Жена вот уже год твердит: очки пора завести! Но Марчук считал, что не пристало ему, офицеру угрозыска, ходить как какому-то канцеляристу в очках, и как мог терпел.
Он проштудировал почти весь блокнотик Арефьева. Выписал все фамилии, имена, номера телефонов. С тем чтобы завтра с утра специально заняться ими. Была в книжечке схема: расчерчены две улицы, дома елочкой, между ними три квадратика, какой-то круг, стрелка змеилась к одному из квадратиков и стояло: «третий этаж, налево». Ясно, что это адрес. Но где и чей?
* * *
На другой день, часам к двенадцати, в райотдел приехал начальник городского угрозыска подполковник Зелинский. Марчук знал, что Зелинский всё и вся насквозь видит. Умеет быстро и четко разобраться в обстановке, заметит малейшую ошибку или промах. Марчук не то чтобы побаивался начальника, но почему-то в его присутствии чувствовал себя скованно, все думал, не упустил ли чего, не ткнут ли его носом: что же ты, товарищ капитан, столько лет работаешь, а тут... Был у него такой случай года два назад, и снова попадать на хотя и вежливый разнос к Зелинскому не хотелось.
Марчук понимал, о чем пойдет речь, если его вызовут к Зелинскому, и заранее разложил в папочке все нужные бумаги.
Арефьеву, как попросту говорят, «проломили голову». В акте экспертизы значилось: «Смерть наступила в результате перелома черепа, чему предшествовало нанесение множества ударов твердым предметом, вероятнее всего бутылкой; из ран извлечены мелкие осколки стекла».
Сразу за этим актом Марчук положил фотоснимки с места происшествия. На одном из них крупным планом черно-зеленая литая бутылка из-под шампанского. Горлышко у нее было отбито, и Марчук полагал, что Арефьева били именно этой бутылкой. Предстояло отправить ее на экспертизу: возможно сохранились отпечатки пальцев...

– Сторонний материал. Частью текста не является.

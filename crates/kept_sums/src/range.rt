//! Exclusions and liftings, followed by the sums of an objective.
ghost use Rattle.std.specs.Prelude.{◌≡◌, ◌/◌, ◌≤◌, ◌<◌, ◌&&◌, ℕ, List, not, length, IsTrue};
ghost use Rattle.std.specs.Prelude.{nat_le, nat_lt, true, false};
ghost use Rattle.std.specs.List.{AllByRecursion};
ghost use Rattle.std.specs.Str.{bytes_eq};
ghost use Rattle.slo_limits.specs.declared.TheConstants.{MAX_SUMMED_ROWS};
ghost use Rattle.sample_book.specs.Counting.{is_of};
ghost use Rattle.window_sums.specs.Shares.{IsSumOf, Share};
ghost use Rattle.window_sums.specs.Slices.{counts_of, day_of, has_day};
ghost use Rattle.kept_sums.specs.Replacing.{MayReplace, among};
ghost use Rattle.kept_sums.specs.Sums.{RowFits, HasItsDay, SumsAreKept, shares_by};
ghost use Rattle.kept_sums.specs.Walks.{IsChanged, followed, made_on};

use crate::counting::{counts_on, row_at};
use crate::exchange::exchange;
use office_history::Measure;
use sample_book::{Exclusion, ExclusionHint, Row, SampleBook};
use slo_limits::MINUTES_A_DAY;
use window_sums::WindowSums;

/// Whether a minute lies in a range.
fn is_between(from: u32, to: u32, minute: u32) -> bool
    ensures { result ≡ (nat_le from minute && nat_lt minute to) }
{
    from <= minute && minute < to
}

/// A row of the minutes from `from` up to `to` follows an exclusion that is made (`taken`), or one
/// that is lifted. Another is passed over: whether it is excluded is asked of all exclusions.
fn follow_on_row(
    sums: &mut WindowSums,
    measure: &Measure,
    book: &SampleBook,
    value: &Exclusion,
    taken: bool,
    from: u32,
    to: u32,
    row: &Row,
    hint: &mut ExclusionHint,
)
    requires begun { value.now.from ≤ from }
    requires order { from ≤ to }
    requires own { is_of measure.now.sli row.now ≡ true }
    requires fits { RowFits measure.now row.now }
    requires day { IsTrue (has_day sums.old (day_of row.now.minute)) }
    requires may { (before : List Share) × (after : List Share)
        × MayReplace sums.old row.now.minute
        (followed measure.now book.now.exclusions value.now taken from row.now)
        (followed measure.now book.now.exclusions value.now taken to row.now) before after }
    ensures method { sums.new.method ≡ sums.old.method }
    ensures counted { (before after : List Share) → IsSumOf sums.old (among before row.now.minute
        (followed measure.now book.now.exclusions value.now taken from row.now) after)
        → IsSumOf sums.new (among before row.now.minute
        (followed measure.now book.now.exclusions value.now taken to row.now) after) }
    ensures days { (day : ℕ) → has_day sums.new day ≡ has_day sums.old day }
{
    if !is_between(from, to, row.minute) {
        return;
    }
    let old = counts_on(measure, book, value, !taken, row, hint);
    let new = counts_on(measure, book, value, taken, row, hint);
    exchange(sums, row.minute, old, new);
}

/// The rows of the minutes from `from` up to `to`, which all lie on one day, follow an exclusion
/// that is made (`taken`), or one that is lifted.
fn follow_between(
    sums: &mut WindowSums,
    measure: &Measure,
    book: &SampleBook,
    value: &Exclusion,
    taken: bool,
    from: u32,
    to: u32,
)
    requires begun { value.now.from ≤ from }
    requires order { from ≤ to }
    requires one_day { (minute : ℕ) → from ≤ minute → minute < to → day_of minute ≡ day_of from }
    requires counted { IsSumOf sums.old
        (shares_by (followed measure.now book.now.exclusions value.now taken from) book.now.rows) }
    requires days { AllByRecursion (HasItsDay measure.now sums.old) book.now.rows }
    requires forms { AllByRecursion (RowFits measure.now) book.now.rows }
    requires few { length book.now.rows ≤ MAX_SUMMED_ROWS }
    ensures counted { IsSumOf sums.new
        (shares_by (followed measure.now book.now.exclusions value.now taken to) book.now.rows) }
    ensures method { sums.new.method ≡ sums.old.method }
    ensures days { (day : ℕ) → has_day sums.new day ≡ has_day sums.old day }
{
    if to <= from {
        return;
    }
    let mut hint = ExclusionHint::new();
    let mut next = book.last_row_on(measure.sli, from / MINUTES_A_DAY);
    while let Some(place) = next {
        let row = row_at(book, place);
        follow_on_row(sums, measure, book, value, taken, from, to, &row, &mut hint);
        next = book.row_before_on(place);
    }
}

/// The rows of the range of an exclusion that is lifted count again, day by day.
fn follow_lifting(sums: &mut WindowSums, measure: &Measure, book: &SampleBook, value: &Exclusion)
    requires some { value.now.from < value.now.to }
    requires counted { IsSumOf sums.old (shares_by
        (followed measure.now book.now.exclusions value.now false value.now.from) book.now.rows) }
    requires days { AllByRecursion (HasItsDay measure.now sums.old) book.now.rows }
    requires forms { AllByRecursion (RowFits measure.now) book.now.rows }
    requires few { length book.now.rows ≤ MAX_SUMMED_ROWS }
    ensures counted { IsSumOf sums.new (shares_by
        (followed measure.now book.now.exclusions value.now false value.now.to) book.now.rows) }
    ensures method { sums.new.method ≡ sums.old.method }
    ensures days { (day : ℕ) → has_day sums.new day ≡ has_day sums.old day }
{
    let end = value.to;
    let mut from = value.from;
    while from < end {
        let rest = MINUTES_A_DAY - from % MINUTES_A_DAY;
        let to = from + rest.min(end - from);
        follow_between(sums, measure, book, value, false, from, to);
        from = to;
    }
}

/// Nothing counts any more in the range of an exclusion that is made. A slice that lies wholly in
/// it has no counts then, so that its rows aren't looked at; those of a slice that the range cuts
/// are.
fn follow_taking(sums: &mut WindowSums, measure: &Measure, book: &SampleBook, value: &Exclusion)
    requires some { value.now.from < value.now.to }
    requires own { bytes_eq value.now.slo measure.now.slo ≡ true }
    requires method { sums.old.method ≡ measure.now.method }
    requires counted { IsSumOf sums.old (shares_by
        (followed measure.now book.now.exclusions value.now true value.now.from) book.now.rows) }
    requires days { AllByRecursion (HasItsDay measure.now sums.old) book.now.rows }
    requires forms { AllByRecursion (RowFits measure.now) book.now.rows }
    requires few { length book.now.rows ≤ MAX_SUMMED_ROWS }
    ensures counted { IsSumOf sums.new (shares_by
        (followed measure.now book.now.exclusions value.now true value.now.to) book.now.rows) }
    ensures method { sums.new.method ≡ sums.old.method }
    ensures days { (day : ℕ) → has_day sums.new day ≡ has_day sums.old day }
{
    let width = sums.width();
    let first = value.from.div_ceil(width);
    let end = value.to / width;
    if end < first {
        follow_between(sums, measure, book, value, true, value.from, value.to);
        return;
    }
    let whole_from = first * width;
    let whole_to = end * width;
    follow_between(sums, measure, book, value, true, value.from, whole_from);
    sums.clear(whole_from, whole_to);
    follow_between(sums, measure, book, value, true, whole_to, value.to);
}

/// The sums of an objective follow an exclusion that is made (`taken`), or one that is lifted. The
/// book is the one without it. Only rows of the days of its range are looked at: at a lifting all
/// of them, else those of the slices that the range cuts. No memory is taken.
pub(crate) fn follow_exclusion(
    sums: &mut WindowSums,
    measure: &Measure,
    book: &SampleBook,
    value: &Exclusion,
    taken: bool,
)
    requires kept { SumsAreKept measure.now (made_on book.now.exclusions value.now (not taken))
        book.now.rows sums.old }
    requires forms { AllByRecursion (RowFits measure.now) book.now.rows }
    requires few { length book.now.rows ≤ MAX_SUMMED_ROWS }
    ensures kept { SumsAreKept measure.now (made_on book.now.exclusions value.now taken)
        book.now.rows sums.new }
    ensures days { (day : ℕ) → has_day sums.new day ≡ has_day sums.old day }
    // Only slices of rows that count otherwise with the exclusion are touched.
    ensures touched { (slice : ℕ)
        → (IsChanged measure.now book.now.exclusions value.now book.now.rows slice → ⊥)
        → counts_of sums.new slice ≡ counts_of sums.old slice }
{
    if value.slo != measure.slo {
        return;
    }
    if value.to <= value.from {
        return;
    }
    if taken {
        follow_taking(sums, measure, book, value);
    } else {
        follow_lifting(sums, measure, book, value);
    }
}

Следом шли материалы проверки по гостинице: выяснилось, Арефьев находился в Новокузнецке ровно неделю. Вместе с ним был командирован Иван Спиридонович Ковалев. Они занимали двухместный номер на шестом этаже. Вели себя вполне спокойно, только по утрам горничная убирала из номера бутылки из-под водки и пива и все удивлялась: когда они только работают? С утра принимали спиртное, запивая кефиром, и в обед пили, и вечером...
Выписались они одновременно, накануне убийства. Однако вчерашняя проверка Ковалева Кемеровским угрозыском показала: Ковалев дома не появлялся и где находится — жена не знает.
Ковалев, наверное, исчез не случайно, какую-то роль он во всем этом сыграл. Но какую? И где теперь его искать?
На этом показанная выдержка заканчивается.